• [TASK DETAILS]: How many lines below contain the string "Option"? Reply with the figure and no further words.

[Excerpts from a dataset]
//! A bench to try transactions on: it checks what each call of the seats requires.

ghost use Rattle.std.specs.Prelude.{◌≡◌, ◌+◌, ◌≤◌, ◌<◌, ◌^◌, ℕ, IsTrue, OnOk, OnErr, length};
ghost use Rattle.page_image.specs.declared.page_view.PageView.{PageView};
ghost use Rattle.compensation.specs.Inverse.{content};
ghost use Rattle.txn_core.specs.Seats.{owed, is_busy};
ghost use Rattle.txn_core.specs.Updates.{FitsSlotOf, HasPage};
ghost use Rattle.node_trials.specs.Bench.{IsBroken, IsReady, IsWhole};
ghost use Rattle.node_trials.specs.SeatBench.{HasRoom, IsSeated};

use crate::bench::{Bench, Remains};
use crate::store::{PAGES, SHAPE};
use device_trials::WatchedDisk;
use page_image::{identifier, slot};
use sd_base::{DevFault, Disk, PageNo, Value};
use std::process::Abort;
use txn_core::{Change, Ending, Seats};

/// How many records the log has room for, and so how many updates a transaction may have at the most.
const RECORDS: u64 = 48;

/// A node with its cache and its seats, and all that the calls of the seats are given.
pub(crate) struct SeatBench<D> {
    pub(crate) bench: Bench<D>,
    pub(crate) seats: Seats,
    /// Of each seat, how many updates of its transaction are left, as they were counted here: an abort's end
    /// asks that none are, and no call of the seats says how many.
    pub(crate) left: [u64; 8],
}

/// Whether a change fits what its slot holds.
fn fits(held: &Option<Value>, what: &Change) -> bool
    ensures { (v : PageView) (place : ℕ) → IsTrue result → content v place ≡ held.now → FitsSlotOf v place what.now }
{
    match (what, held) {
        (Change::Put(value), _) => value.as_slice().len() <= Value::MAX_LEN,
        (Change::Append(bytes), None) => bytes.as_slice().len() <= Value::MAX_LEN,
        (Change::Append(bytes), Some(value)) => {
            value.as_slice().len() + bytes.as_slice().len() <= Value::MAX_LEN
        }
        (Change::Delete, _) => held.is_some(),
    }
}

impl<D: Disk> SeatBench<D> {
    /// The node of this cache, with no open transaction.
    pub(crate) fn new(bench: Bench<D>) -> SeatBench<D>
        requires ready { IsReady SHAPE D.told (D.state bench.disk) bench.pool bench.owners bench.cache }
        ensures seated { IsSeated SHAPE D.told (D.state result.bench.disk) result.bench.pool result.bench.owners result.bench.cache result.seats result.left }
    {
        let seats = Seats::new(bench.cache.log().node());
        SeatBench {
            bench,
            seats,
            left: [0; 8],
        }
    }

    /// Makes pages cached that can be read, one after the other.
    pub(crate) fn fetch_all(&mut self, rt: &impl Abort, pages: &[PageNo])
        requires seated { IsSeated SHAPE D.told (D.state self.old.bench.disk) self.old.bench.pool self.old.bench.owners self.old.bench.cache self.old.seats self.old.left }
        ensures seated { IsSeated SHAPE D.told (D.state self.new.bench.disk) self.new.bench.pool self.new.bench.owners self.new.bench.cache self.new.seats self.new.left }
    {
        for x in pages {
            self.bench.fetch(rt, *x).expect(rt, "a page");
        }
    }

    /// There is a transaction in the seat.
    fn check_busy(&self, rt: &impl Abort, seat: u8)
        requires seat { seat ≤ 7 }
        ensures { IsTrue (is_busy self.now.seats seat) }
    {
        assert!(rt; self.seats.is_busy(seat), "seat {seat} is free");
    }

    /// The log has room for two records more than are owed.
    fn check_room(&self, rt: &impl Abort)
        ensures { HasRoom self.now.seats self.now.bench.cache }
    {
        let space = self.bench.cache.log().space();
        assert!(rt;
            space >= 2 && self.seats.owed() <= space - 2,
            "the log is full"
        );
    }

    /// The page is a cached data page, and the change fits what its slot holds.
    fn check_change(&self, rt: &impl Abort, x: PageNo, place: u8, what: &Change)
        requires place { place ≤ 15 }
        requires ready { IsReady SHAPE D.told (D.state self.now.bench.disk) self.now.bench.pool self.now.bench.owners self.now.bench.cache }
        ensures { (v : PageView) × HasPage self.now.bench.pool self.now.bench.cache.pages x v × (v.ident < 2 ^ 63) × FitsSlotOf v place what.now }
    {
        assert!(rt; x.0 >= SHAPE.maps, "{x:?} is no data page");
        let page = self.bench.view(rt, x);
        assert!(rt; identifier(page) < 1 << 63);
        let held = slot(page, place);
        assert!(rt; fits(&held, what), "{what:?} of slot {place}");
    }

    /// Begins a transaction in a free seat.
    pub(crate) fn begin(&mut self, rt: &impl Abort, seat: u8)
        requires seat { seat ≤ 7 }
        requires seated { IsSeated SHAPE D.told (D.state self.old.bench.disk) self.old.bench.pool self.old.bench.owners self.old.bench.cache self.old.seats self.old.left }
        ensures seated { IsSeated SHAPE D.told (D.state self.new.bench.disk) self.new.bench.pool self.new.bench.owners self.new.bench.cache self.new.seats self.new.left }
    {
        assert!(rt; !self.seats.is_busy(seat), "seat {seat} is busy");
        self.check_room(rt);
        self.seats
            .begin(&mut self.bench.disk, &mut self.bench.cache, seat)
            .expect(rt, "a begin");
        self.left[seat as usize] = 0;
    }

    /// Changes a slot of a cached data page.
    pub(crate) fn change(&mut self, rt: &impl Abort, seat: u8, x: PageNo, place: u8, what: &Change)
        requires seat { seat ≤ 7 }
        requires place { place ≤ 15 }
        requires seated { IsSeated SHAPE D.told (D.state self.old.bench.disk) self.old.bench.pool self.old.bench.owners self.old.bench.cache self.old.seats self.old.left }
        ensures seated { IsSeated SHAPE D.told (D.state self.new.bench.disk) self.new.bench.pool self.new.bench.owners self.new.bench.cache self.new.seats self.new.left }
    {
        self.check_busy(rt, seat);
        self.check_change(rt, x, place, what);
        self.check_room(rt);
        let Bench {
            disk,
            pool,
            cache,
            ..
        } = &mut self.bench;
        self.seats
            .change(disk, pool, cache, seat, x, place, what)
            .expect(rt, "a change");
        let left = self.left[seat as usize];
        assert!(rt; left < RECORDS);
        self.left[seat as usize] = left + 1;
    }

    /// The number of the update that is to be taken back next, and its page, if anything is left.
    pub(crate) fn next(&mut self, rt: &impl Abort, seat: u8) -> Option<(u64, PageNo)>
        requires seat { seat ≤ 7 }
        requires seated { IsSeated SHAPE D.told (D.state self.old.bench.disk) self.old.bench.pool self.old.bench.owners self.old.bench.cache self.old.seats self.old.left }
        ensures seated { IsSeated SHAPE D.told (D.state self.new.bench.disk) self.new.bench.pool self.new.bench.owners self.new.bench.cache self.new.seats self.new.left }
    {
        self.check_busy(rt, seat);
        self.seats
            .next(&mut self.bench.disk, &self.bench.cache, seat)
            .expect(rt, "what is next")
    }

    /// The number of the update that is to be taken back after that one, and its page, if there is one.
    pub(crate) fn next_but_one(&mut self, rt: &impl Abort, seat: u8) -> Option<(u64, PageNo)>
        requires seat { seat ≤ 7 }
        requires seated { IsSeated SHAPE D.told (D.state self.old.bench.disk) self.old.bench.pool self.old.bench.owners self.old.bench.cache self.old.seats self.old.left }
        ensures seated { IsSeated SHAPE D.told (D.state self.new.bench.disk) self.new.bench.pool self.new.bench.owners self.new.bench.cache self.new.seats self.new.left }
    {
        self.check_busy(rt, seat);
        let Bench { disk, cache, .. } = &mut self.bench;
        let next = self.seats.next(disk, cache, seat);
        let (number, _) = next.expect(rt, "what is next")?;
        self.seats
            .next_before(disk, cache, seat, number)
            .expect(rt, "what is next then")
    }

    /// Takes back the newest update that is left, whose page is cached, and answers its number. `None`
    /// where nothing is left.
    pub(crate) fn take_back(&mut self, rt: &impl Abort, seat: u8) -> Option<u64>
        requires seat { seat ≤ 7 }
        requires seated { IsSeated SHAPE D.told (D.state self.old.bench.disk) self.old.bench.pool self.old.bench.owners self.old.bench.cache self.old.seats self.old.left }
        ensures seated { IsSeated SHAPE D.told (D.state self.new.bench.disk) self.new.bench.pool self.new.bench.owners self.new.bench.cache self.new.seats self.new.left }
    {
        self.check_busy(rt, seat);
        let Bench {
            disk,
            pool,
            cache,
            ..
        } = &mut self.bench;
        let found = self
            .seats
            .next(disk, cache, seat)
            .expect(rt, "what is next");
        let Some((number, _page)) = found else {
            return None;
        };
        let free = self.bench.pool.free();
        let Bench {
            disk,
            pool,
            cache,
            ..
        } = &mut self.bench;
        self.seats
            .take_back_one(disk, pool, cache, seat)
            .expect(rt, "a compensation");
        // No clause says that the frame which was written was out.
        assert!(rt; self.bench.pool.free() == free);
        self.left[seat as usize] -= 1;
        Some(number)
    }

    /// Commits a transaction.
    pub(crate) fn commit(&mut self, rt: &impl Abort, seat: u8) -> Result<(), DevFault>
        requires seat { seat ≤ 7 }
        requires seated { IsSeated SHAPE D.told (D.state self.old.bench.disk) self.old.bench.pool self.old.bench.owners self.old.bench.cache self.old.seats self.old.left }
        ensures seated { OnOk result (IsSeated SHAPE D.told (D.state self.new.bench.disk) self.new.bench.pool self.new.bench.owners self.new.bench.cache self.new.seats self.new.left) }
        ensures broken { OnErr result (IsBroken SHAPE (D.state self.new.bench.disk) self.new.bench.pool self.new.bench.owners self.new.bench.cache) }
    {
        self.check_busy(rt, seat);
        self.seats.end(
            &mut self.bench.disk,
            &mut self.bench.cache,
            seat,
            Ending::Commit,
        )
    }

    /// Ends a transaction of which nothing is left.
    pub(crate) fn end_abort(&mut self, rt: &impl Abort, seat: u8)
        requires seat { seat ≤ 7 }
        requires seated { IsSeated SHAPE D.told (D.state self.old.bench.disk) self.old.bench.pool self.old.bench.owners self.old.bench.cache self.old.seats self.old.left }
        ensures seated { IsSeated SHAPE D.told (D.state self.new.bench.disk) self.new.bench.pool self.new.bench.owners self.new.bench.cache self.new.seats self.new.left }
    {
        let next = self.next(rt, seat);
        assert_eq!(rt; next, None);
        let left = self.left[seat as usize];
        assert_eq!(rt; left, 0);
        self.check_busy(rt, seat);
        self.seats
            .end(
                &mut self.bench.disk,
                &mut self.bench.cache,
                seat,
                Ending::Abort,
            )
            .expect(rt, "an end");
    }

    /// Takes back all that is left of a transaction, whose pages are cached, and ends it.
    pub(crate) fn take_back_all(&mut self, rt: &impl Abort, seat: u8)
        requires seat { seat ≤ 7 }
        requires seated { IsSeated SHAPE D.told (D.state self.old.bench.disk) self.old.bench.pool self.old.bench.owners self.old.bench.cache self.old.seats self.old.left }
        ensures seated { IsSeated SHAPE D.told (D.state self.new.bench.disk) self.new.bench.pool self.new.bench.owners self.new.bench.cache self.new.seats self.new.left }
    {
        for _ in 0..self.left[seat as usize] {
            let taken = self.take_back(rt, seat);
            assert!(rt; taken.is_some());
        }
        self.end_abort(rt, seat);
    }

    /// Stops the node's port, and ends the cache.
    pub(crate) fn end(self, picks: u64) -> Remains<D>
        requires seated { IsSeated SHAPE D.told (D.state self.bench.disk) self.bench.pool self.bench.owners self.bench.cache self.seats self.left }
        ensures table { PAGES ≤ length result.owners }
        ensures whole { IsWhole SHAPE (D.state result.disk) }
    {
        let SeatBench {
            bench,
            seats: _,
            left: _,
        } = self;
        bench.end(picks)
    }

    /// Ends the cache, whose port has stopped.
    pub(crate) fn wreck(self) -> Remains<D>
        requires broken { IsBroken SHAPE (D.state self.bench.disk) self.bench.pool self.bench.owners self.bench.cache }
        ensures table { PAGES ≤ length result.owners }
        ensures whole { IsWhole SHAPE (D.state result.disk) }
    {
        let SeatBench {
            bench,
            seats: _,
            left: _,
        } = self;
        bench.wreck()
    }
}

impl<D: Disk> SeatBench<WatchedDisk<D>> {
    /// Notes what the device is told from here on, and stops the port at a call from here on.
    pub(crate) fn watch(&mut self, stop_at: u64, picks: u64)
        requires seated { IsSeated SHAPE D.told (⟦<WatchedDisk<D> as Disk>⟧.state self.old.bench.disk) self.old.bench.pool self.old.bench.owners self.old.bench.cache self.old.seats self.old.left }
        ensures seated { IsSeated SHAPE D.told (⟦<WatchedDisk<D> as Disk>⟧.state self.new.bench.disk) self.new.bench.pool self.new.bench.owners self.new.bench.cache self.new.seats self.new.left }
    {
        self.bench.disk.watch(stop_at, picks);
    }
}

• [RESPONSE AREA]: 4